[Collected data entries]

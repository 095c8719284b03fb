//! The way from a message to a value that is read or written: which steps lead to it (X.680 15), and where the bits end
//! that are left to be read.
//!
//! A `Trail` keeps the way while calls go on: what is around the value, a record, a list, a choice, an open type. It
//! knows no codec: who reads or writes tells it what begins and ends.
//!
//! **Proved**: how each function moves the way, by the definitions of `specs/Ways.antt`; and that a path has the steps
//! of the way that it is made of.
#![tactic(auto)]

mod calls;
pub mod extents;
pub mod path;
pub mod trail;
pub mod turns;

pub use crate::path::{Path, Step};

* * *

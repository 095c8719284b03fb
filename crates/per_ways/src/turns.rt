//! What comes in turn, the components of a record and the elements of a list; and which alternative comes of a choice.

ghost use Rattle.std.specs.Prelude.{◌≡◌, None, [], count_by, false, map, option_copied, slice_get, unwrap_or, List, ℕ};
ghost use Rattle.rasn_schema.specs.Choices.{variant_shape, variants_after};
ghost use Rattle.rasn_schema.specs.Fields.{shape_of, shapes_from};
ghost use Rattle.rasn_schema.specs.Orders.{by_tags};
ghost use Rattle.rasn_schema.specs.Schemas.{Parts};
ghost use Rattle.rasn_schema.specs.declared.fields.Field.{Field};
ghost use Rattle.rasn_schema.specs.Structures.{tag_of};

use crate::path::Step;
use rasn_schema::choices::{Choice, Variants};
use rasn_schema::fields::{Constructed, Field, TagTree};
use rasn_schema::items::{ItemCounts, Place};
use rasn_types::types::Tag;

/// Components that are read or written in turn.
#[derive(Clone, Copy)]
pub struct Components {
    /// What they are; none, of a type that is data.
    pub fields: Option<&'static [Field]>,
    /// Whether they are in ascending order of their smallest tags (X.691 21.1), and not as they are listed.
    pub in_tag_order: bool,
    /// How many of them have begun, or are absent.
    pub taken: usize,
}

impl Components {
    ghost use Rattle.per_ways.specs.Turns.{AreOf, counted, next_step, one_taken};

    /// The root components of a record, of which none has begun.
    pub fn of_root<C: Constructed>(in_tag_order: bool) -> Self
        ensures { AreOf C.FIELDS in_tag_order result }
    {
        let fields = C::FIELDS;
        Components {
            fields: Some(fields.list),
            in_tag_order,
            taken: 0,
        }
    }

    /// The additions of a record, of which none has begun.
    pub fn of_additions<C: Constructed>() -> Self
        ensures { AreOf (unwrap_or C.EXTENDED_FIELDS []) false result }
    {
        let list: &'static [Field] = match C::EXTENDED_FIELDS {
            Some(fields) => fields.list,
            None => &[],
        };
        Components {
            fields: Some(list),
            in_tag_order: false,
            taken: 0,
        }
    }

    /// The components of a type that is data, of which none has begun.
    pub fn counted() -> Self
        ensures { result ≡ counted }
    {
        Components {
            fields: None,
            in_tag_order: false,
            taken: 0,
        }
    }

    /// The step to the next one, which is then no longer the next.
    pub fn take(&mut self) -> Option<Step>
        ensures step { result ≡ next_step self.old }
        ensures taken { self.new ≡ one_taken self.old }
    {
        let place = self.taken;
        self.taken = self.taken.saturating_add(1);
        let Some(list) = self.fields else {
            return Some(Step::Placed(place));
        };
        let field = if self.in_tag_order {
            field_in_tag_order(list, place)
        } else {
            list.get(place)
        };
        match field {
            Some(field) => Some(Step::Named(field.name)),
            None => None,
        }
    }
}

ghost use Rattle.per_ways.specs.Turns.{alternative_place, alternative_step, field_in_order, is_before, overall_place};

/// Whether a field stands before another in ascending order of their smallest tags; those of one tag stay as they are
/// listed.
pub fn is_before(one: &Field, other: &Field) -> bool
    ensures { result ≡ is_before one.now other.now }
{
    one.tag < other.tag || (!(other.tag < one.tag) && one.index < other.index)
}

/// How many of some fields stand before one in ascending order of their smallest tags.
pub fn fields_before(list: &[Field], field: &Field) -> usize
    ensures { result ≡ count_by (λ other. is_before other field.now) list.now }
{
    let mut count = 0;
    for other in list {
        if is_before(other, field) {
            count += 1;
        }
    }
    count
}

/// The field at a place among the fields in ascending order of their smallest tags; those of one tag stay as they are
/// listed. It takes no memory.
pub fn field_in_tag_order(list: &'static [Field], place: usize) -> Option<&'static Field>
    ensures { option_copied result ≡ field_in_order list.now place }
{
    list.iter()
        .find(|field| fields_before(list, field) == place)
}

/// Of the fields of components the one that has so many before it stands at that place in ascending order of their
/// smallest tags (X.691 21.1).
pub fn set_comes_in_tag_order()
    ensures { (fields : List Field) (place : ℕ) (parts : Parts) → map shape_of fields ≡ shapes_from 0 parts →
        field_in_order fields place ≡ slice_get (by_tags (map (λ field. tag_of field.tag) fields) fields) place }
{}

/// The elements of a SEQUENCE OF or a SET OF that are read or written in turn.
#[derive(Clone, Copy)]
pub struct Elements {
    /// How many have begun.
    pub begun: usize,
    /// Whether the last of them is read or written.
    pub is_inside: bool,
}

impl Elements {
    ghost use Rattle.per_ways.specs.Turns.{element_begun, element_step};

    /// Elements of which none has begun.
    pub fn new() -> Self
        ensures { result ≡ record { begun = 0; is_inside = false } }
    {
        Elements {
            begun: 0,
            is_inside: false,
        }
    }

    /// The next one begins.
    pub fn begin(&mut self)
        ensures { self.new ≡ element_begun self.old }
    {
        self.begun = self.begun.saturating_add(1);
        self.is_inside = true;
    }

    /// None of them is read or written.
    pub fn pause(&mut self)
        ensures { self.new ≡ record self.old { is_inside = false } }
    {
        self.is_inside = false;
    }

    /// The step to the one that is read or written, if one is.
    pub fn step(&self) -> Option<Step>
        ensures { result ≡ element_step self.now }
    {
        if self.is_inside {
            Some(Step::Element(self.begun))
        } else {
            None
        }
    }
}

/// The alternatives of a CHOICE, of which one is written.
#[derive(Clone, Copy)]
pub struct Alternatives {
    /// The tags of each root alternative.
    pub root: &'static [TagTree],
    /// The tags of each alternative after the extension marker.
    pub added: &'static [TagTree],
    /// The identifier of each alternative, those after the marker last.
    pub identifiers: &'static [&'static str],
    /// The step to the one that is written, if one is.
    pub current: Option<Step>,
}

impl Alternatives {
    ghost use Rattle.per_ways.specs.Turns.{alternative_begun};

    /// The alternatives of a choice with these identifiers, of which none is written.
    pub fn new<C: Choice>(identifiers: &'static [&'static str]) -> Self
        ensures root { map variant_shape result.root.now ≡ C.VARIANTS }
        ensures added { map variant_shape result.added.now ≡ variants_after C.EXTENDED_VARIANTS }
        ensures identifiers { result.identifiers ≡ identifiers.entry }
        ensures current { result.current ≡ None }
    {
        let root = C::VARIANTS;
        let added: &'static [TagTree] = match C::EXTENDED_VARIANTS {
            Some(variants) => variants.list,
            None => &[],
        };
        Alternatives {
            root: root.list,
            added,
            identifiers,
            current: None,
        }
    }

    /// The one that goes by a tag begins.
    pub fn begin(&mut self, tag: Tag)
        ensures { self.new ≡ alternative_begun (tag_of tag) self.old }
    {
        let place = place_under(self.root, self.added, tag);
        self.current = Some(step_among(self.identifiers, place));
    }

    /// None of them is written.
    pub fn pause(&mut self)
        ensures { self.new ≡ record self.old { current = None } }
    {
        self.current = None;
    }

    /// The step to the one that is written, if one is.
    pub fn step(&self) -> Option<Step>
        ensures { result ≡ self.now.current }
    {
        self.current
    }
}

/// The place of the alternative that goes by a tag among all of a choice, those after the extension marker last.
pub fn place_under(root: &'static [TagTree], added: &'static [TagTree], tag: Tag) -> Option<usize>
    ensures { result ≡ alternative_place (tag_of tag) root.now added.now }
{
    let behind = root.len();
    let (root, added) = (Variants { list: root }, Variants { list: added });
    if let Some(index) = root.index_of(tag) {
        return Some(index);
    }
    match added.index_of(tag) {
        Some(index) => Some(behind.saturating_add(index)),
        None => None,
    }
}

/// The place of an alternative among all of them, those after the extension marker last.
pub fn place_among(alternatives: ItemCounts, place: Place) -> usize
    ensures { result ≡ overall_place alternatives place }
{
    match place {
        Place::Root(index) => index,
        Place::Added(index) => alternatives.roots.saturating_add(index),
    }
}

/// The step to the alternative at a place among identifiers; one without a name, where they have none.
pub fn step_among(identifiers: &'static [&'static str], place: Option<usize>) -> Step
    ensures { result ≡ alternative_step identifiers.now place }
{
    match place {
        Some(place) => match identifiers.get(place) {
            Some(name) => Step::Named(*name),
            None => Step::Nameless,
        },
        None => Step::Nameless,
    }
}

Action item: Where the data above reaches the line holding "if is_before(other, field)", begin printing, and stop after the line holding "takes no memory.". Each line must be reproduced exactly, with nothing else added.

The completed task:
        if is_before(other, field) {
            count += 1;
        }
    }
    count
}

/// The field at a place among the fields in ascending order of their smallest tags; those of one tag stay as they are
/// listed. It takes no memory.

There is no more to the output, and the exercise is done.